Poacher turned gamekeeper is always an interesting step to take and it is one Brenda Wyllie never foresaw taking. However, she’s not one to worry about breaking molds. Wyllie started out as an apprentice welder, graduated with an MSc in petroleum engineering, and went on to work for service companies and both large and smaller operators.

Now, after a stint at trade body Oil & Gas UK, she’s Northern North Sea and West of Shetland Area Manager at the newly formed UK North Sea regulator, the Oil and Gas Authority (OGA), and also heading up this year’s DEVEX conference, headlined as “Delivering positive change to maximize value.”

Recognizing that it’s not an easy time to be in the North Sea, the organizers – the Society of Petroleum Engineers, Petroleum Exploration Society of Great Britain and Aberdeen Formation Evaluation Society –have made the Aberdeen conference free, to help those perhaps not in work remain networked and up to speed.

Indeed, the basin, much of which is not profitable at US$30/bbl, faces some hard work in coming months and years and most of it will be about focusing on getting more out of what is already there. “In a $30/bbl world, we cannot get a shiny new asset, we have to look at what we have got and maximize production, drive costs down,” Wyllie says. “It’s looking at what we have currently available and how you can really squeeze it. We need to chase every barrel, every day.”

Wyllie’s career started in 1987, when, just out of school, she joined Halliburton in her home town Arbroath, Scotland, as an apprentice welder. She’d seen the service provider’s equipment proudly paraded through the town before its onward journey, often overseas, and was inspired.
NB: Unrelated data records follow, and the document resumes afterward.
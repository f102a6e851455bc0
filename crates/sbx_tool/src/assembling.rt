//! The command `asm` on files.
use crate::files::{done_on, is_same_file, stored};
use cmd_command::CommandStop;
use cmd_words::Job;

/// Assembles the source at a path. The object is opened only where the source means an image; the source itself is no
/// object.
pub fn assemble_to(
    rt: &HostRuntime,
    job: &Job<'_>,
    source: &str,
    object: &str,
) -> Result<u8, CommandStop> {
    let mut bytes = Vec::new(rt.alloc());
    let status = done_on(rt, job, source, &mut rt.stdin(), &mut bytes)?;
    if status == 0 && is_same_file(rt, source, object) {
        return Err(CommandStop::Output);
    }
    if status == 0 {
        stored(rt, object, bytes.as_slice())?;
    }
    Ok(status)
}
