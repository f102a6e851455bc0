//! A source's image as a program.
use crate::blocks::{TOLD, read_function};
use crate::lines::{Head, SourceLines};
use fit_code::{Block, Fault, Function, Heap, Object, Program, Reason, Region, SourceLine, Step};
use sbx_directives::text_of;
use sbx_image::{Cell, Image};
use std::mem::replace;

/// What a block that is a slot weighs less: the branch's own block pays for it.
const SLOT: u64 = 2;

/// An image that is read.
#[derive(Drop)]
pub struct ReadImage {
    pub memory: Heap,
    /// Each of its functions has the blocks of the source first, in their order, and behind them such as are delay
    /// slots.
    pub program: Program,
    /// Of each function the turns that its blocks weigh less than their steps and their ends.
    pub spared: Vec<Vec<u64>>,
    /// The cells that the source says of each block of each function.
    pub said: Vec<Vec<Vec<Cell>>>,
    /// Of the function that is read its blocks, those that are slots, and the turns that the first ones weigh less; of
    /// the block that is read its steps.
    pub blocks: Vec<Block>,
    pub slots: Vec<Block>,
    pub weights: Vec<u64>,
    pub steps: Vec<Step>,
}

impl ReadImage {
    /// Takes over the data of an image, as regions and one object each.
    fn add_data(&mut self, image: &Image) {
        for (index, region) in image.regions().iter().enumerate() {
            let readonly = !region.writable;
            let start = image.region_start(index).unwrap_or(0);
            let bytes = self.memory.copy(region.bytes.as_slice());
            let length = u32::try_from(bytes.len()).unwrap_or(u32::MAX);
            let object = Object {
                name: String::new(self.memory.alloc),
                bytes,
                start,
                outside: Vec::new(self.memory.alloc),
            };
            self.memory.push(&mut self.program.objects, object);
            let region = Region {
                readonly,
                start,
                length,
            };
            self.memory.push(&mut self.program.regions, region);
        }
    }

    /// Ends a function of an image, which begins here, and of whose blocks all are read.
    pub fn end_function(&mut self, source: &[u8], head: &Head, function: &sbx_image::Function) {
        let alloc = self.memory.alloc;
        let mut name = String::new(alloc);
        self.memory.take(name.push_str(str::from_utf8(text_of(source, head.name)).unwrap_or("")));
        let mut blocks = replace(&mut self.blocks, Vec::new(alloc));
        self.memory.take(blocks.append(&mut self.slots));
        let mut weights = replace(&mut self.weights, Vec::new(alloc));
        self.memory.take(weights.resize(blocks.len(), SLOT));
        self.memory.push(&mut self.spared, weights);
        let made = Function {
            name,
            framed: function.frame > 0,
            frame: function.frame,
            blocks,
            params: self.memory.copy(function.params.as_slice()),
            results: self.memory.copy(function.results.as_slice()),
            line: SourceLine {
                file: 0,
                number: head.line,
            },
        };
        self.memory.push(&mut self.program.functions, made);
        let mut said = Vec::new(alloc);
        for block in function.blocks.as_slice() {
            let cells = self.memory.copy(block.cells.as_slice());
            self.memory.push(&mut said, cells);
        }
        self.memory.push(&mut self.said, said);
    }

    /// Takes over the image that the assembler makes of a source, which has these lines. What its params and its
    /// results are said to be stands in its functions.
    ///
    /// # Errors
    /// The first word that has no place in a program, with its line: of an instruction that sandboxed code may not
    /// have, a transfer that ends no block or goes nowhere, a function that doesn't begin or return as its kind asks
    /// for. Want of memory.
    pub fn take(&mut self, source: &[u8], lines: &SourceLines, image: &Image) -> Result<(), Fault> {
        self.add_data(image);
        let (heads, mut first) = (lines.heads.as_slice(), 0usize);
        for function in image.functions().iter().enumerate() {
            if let Some((line, what)) = read_function(self, lines.words.as_slice(), image, function)
                && !self.memory.is_refused
            {
                let reason = Reason::Unreadable(TOLD[what as usize]);
                return Err(Fault::new(line, reason));
            }
            if first < heads.len() {
                self.end_function(source, &heads[first], function.1);
            }
            first = first.saturating_add(function.1.blocks.len());
        }
        self.memory.told(())?;
        Ok(())
    }
}
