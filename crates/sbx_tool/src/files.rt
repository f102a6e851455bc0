//! Files by their paths.
use cmd_command::{CommandStop, exit_status};
use cmd_words::Job;
use std::fs::File;
use std::io::{Read, Write};
use std::os::unix::fs::MetadataExt;
use std::{fs, io};
use want::Want;

/// The file at a path, to be read.
fn opened(rt: &HostRuntime, path: &str) -> Result<File, CommandStop> {
    match fs::open(rt, path) {
        Ok(file) => Ok(file),
        Err(error) => Err(CommandStop::of(&error, CommandStop::File)),
    }
}

/// Does a job on an open file, from a reader to a writer. What goes wrong within it is told on standard error.
fn status_on<I: Read, O: Write>(
    rt: &HostRuntime,
    job: &Job<'_>,
    file: &mut File,
    input: &mut I,
    out: &mut O,
) -> u8 {
    exit_status(rt.alloc(), job, file, input, out, &mut rt.stderr())
}

/// Does a job on the file at a path, from a reader to a writer. Both are `dyn`, so that the machines of the counts of
/// windows are compiled once and not for each reader and writer.
pub fn done_on(
    rt: &HostRuntime,
    job: &Job<'_>,
    path: &str,
    mut input: &mut dyn Read,
    mut out: &mut dyn Write,
) -> Result<u8, CommandStop> {
    match opened(rt, path) {
        Ok(mut file) => Ok(status_on(rt, job, &mut file, &mut input, &mut out)),
        Err(stop) => Err(stop),
    }
}

/// Whether two paths have the same plain file.
pub fn is_same_file(rt: &HostRuntime, one: &str, other: &str) -> bool {
    match (fs::metadata(rt, one), fs::metadata(rt, other)) {
        (Ok(one), Ok(other)) => {
            one.is_file() && one.dev() == other.dev() && one.ino() == other.ino()
        }
        _ => false,
    }
}

/// Whether a path has a plain file that may be written, or nothing.
fn is_plain(rt: &HostRuntime, path: &str) -> bool {
    match fs::symlink_metadata(rt, path) {
        Ok(found) => found.is_file() && !found.permissions().readonly(),
        Err(error) => error.kind() == io::ErrorKind::NotFound,
    }
}

/// A new file beside a path, with the permissions of the plain file that is there; none where that can't be made, or
/// where the path has something else.
fn made_beside(rt: &HostRuntime, path: &str, beside: &str) -> Option<File> {
    if !is_plain(rt, path) {
        return None;
    }
    let file = File::create_new(rt, beside).ok()?;
    if let Ok(found) = fs::metadata(rt, path) {
        let _ = file.set_permissions(found.permissions());
    }
    Some(file)
}

/// Writes all bytes to a new file, which then takes the place of the one at a path. Where that fails it is removed.
fn replaced(
    rt: &HostRuntime,
    mut file: File,
    beside: &str,
    path: &str,
    bytes: &[u8],
) -> io::Result<()> {
    let done = file
        .write_all(bytes)
        .and_then(|()| fs::rename(rt, beside, path));
    if done.is_err() {
        let _ = fs::remove_file(rt, beside);
    }
    done
}

/// Makes the file at a path, or replaces it, with all bytes. A plain file is whole or as it was: it is written beside,
/// to the path with `.part` behind it, and renamed. What else is at the path, as a device, a pipe or a link, is opened
/// and written.
pub fn stored(rt: &HostRuntime, path: &str, bytes: &[u8]) -> Result<(), CommandStop> {
    let beside = match format!(in rt.alloc(); "{path}.part") {
        Ok(beside) => beside,
        Err(error) => return Err(CommandStop::Memory(Want::from(error))),
    };
    let written = match made_beside(rt, path, beside.as_str()) {
        Some(file) => replaced(rt, file, beside.as_str(), path, bytes),
        None => fs::write(rt, path, bytes),
    };
    match written {
        Ok(()) => Ok(()),
        Err(error) => Err(CommandStop::of(&error, CommandStop::Output)),
    }
}
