//! All annotations that can be found of a source.
use crate::additions::Annotated;
use crate::finding::AnnotationSearch;
use crate::lines::SourceLines;
use crate::program::ReadImage;
use fit_code::{Fault, Heap, Program};
use fit_kept::AnnotationRefusal;
use fit_ranges::Ranges;
use sbx_asm::assemble;
use sbx_domain::State;
use sbx_image::Image;
use std::alloc::Global;
use std::mem::replace;

/// The same as `add_found`, where the source has these lines, and its image is read into `read`.
fn add_read(
    found: &mut Annotated,
    source: &[u8],
    lines: &SourceLines,
    read: &mut ReadImage,
    image: &Image,
    state: &mut State,
) -> Result<(), Fault> {
    read.take(source, lines, image)?;
    let alloc = found.memory.alloc;
    let said = replace(&mut read.said, Vec::new(alloc));
    let ranges = Ranges::beside(alloc, &read.program, said)?;
    let mut finding = AnnotationSearch {
        image,
        program: &mut read.program,
        state,
        ranges,
        spared: replace(&mut read.spared, Vec::new(alloc)),
        totals: found.memory.repeat(None, image.functions().len()),
    };
    finding.look(lines.heads.as_slice(), lines.cells.as_slice(), found)
}

/// Adds what a source hasn't got of what is found of its program, by the image that the assembler makes of it; and
/// notes of what isn't shown.
///
/// # Errors
/// A word that has no place in a program, with its line; more cells of a block than an image may say; memory.
fn add_found(found: &mut Annotated, source: &[u8], image: &Image) -> Result<(), Fault> {
    let alloc = found.memory.alloc;
    let mut state = State::new(alloc)?;
    // nothing is read yet
    let mut lines = SourceLines {
        memory: found.memory,
        words: Vec::new(alloc),
        heads: Vec::new(alloc),
        cells: Vec::new(alloc),
    };
    lines.add_lines(source);
    let mut read = ReadImage {
        memory: lines.memory,
        program: Program {
            functions: Vec::new(alloc),
            objects: Vec::new(alloc),
            regions: Vec::new(alloc),
            files: Vec::new(alloc),
        },
        spared: Vec::new(alloc),
        said: Vec::new(alloc),
        blocks: Vec::new(alloc),
        slots: Vec::new(alloc),
        weights: Vec::new(alloc),
        steps: Vec::new(alloc),
    };
    add_read(found, source, &lines, &mut read, image, &mut state)
}

/// What a source hasn't got of all annotations that can be found: cells, fuel, params, results, where the source tells
/// depths depths, and for each 0 that stands for a function's stack room or budget its number. What it says already
/// stays, and is taken for granted. Of a function of which a block's fuel is said no other block's is found. What isn't
/// shown is noted, by line, and the verifier would refuse it there.
///
/// # Errors
/// `Source` as the assembler refuses the source. `Program` where a word has no place in a program, with its line, and
/// where more is known of a block than an image may say. Asked of memory in each.
pub fn find(alloc: Global, source: &[u8]) -> Result<Annotated, AnnotationRefusal> {
    let image = match assemble(alloc, source) {
        Ok(image) => image,
        Err(fault) => return Err(AnnotationRefusal::Source(fault)),
    };
    let mut found = Annotated {
        additions: Vec::new(alloc),
        totals: Vec::new(alloc),
        notes: Vec::new(alloc),
        memory: Heap::new(alloc),
    };
    match add_found(&mut found, source, &image) {
        Ok(()) => Ok(found),
        Err(fault) => Err(AnnotationRefusal::Program(fault)),
    }
}
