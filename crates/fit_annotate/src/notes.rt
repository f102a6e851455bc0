//! Notes to the author of a source, of what isn't shown of it.
use fit_code::Fault;
use fit_plans::{NotShown, UnshownAccess, needed_alignment};
use fit_text::FaultWords;
use inspect_image::Location;
use sbx_image::Range;
use std::fmt::{self, Error, Formatter, Write};

/// What the verifier asks for, and isn't shown.
#[derive(Drop)]
pub enum Unproved {
    /// Of a step or an end.
    Shown(NotShown),
    /// A counter of the loop that a block begins.
    Counter,
    /// A function's fuel.
    Fuel(Fault),
    /// A number that the source says and that doesn't suffice.
    More { what: &'static str, least: u64 },
    /// What this tells.
    Told(&'static str),
}

/// What isn't shown, and the number of its line.
#[derive(Drop)]
pub struct Note {
    pub line: u32,
    pub asked: Unproved,
}

/// A range in words.
#[derive(Clone, Copy)]
struct RangeWords(Range);

impl fmt::Display for RangeWords {
    fn fmt<W: Write>(&self, f: &mut Formatter<W>) -> Result<(), Error> {
        let (lo, hi) = (self.0.lo, self.0.hi);
        if (lo == i32::MIN) & (hi == i32::MAX) {
            f.write_str("any word")
        } else {
            write!(f, "{lo} to {hi}")
        }
    }
}

/// An address that isn't shown to lie in the data.
fn write_access<W: Write>(f: &mut Formatter<W>, access: &UnshownAccess) -> Result<(), Error> {
    let (words, size) = (RangeWords(access.range), access.size);
    let asked = if access.writes {
        "it isn't shown to lie in data that may be written; compare what it is worked out from with its bounds before"
    } else {
        "it isn't shown to lie in the data; compare what it is worked out from with its bounds before"
    };
    if access.range.alignment < needed_alignment(size) {
        write!(
            f,
            "the address may be {words}, and no multiple of {size}: {asked}"
        )
    } else {
        write!(f, "the address may be {words}: {asked}")
    }
}

/// What is behind a location that may be undefined where a function is called that is given it.
const GIVEN: &str =
    "may be undefined, and the function that is called takes it for granted: give it a value before";

/// What is behind a divisor's range.
const DIVISOR: &str = "compare it with 0 before, and divide in a block where it isn't 0";

const NO_COUNTER: &str =
    "no counter was found for the loop that begins here: count its rounds in a register, by `deccc` and `bne`";

/// What is told of a block to which no way leads.
pub const NO_WAY: &str =
    "no way leads to the block, and nothing is known where it begins: leave it out, or branch there";

/// What is told of a function's fuel, since that of one that it calls isn't known.
pub const NO_CALLEE: &str =
    "no fuel is given, since that of a function that it calls isn't known: see the notes of that one";

impl fmt::Display for Unproved {
    fn fmt<W: Write>(&self, f: &mut Formatter<W>) -> Result<(), Error> {
        match self {
            Unproved::Shown(NotShown::Defined(location)) => {
                let location = Location(*location);
                write!(
                    f,
                    "{location} is read, and may be undefined: give it a value on each way here"
                )
            }
            Unproved::Shown(NotShown::Given(location)) => {
                let location = Location(*location);
                write!(f, "{location} {GIVEN}")
            }
            Unproved::Shown(NotShown::Placed(access)) => write_access(f, access),
            Unproved::Shown(NotShown::Divisible(_, range)) => {
                let words = RangeWords(*range);
                write!(f, "the divisor may be 0: it may be {words}; {DIVISOR}")
            }
            Unproved::Fuel(fault) => {
                let reason = FaultWords(&fault.reason);
                write!(f, "no fuel is given: {reason}")
            }
            Unproved::More { what, least } => write!(f, "{what} has to be at least {least}"),
            Unproved::Counter => f.write_str(NO_COUNTER),
            Unproved::Told(what) => f.write_str(what),
        }
    }
}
“People like me didn’t go to university, it wasn’t an option,” Wyllie says, who was the only female at the site. “I remember that first day thinking ‘I’ve made it.’ I would have a skill and a job forever.” But, “back then, the oil price was $20/bbl,” she recalls. “It was a collapsing industry.”

Thanks to coaching from a boss at the time, Jack Stockdale, at the end of the five-year apprenticeship, Wyllie went to university, studying at Robert Gordon University in Aberdeen and then at the University of Stavanger on an exchange program, gaining an MSc as a petroleum engineer.

Her mission was to work for Schlumberger as a wireline engineer, which she achieved, working in Shetland servicing the Brents, Ninian, Cormorant and other fields before leaving to have three children. When she returned in 2006, it was to work for operators, including Hess, from 2006-2009, in Malaysia, then BP, in the North Sea, working on the Schiehallion and Loyal fields, and finally Canadian Natural Resources as UK production manager, up to March 2014.

Moving to work for operators, and different scale operators, set Wyllie up well for her latest roles, at Oil & Gas UK, then the OGA, the UK’s newly formed regulator, at a time when the industry is facing some major introspection. The UK North Sea was suffering from falling production, low exploration rates, and ever higher costs, even before the oil price collapse, resulting in the UK Government commissioning the Wood Review, an outcome of which was the formation of the OGA.

“My time at BP taught me some really good petroleum engineering work flows - they have got the field basics,” she says. “Working with the smaller companies, you can make some decisions quicker, but they’re not always the right decisions because they don’t have those work flows.

“I never thought I would be working for the regulator, but, reading the Wood Review and seeing all the work leading to the OGA, it became obvious. Working at CNR, I thought I had a helicopter view [looking after multiple assets]. At Oil & Gas UK, I then had a sense of seeing the industry from 35,000ft. It was an obvious step up to the OGA.”

DEVEX, running 18-19 May at Aberdeen Exhibition and Conference Centre, has a number of themes this year, including advanced recovery mechanisms, maximizing production, solutions to defer cessation of production, tight gas, best in class field development options, and near field exploration.

Wyllie is making it a mission to make sure there are core samples on show, and there will also be a field trip as part of the event. One of the focus areas is water flood. But it’s not just about looking to apply these technologies, it’s understanding what will work best where. “If you can add something in to your injection water it helps clean the rock,” Wyllie says. “But if you don’t have the basics right you will not get the best out.”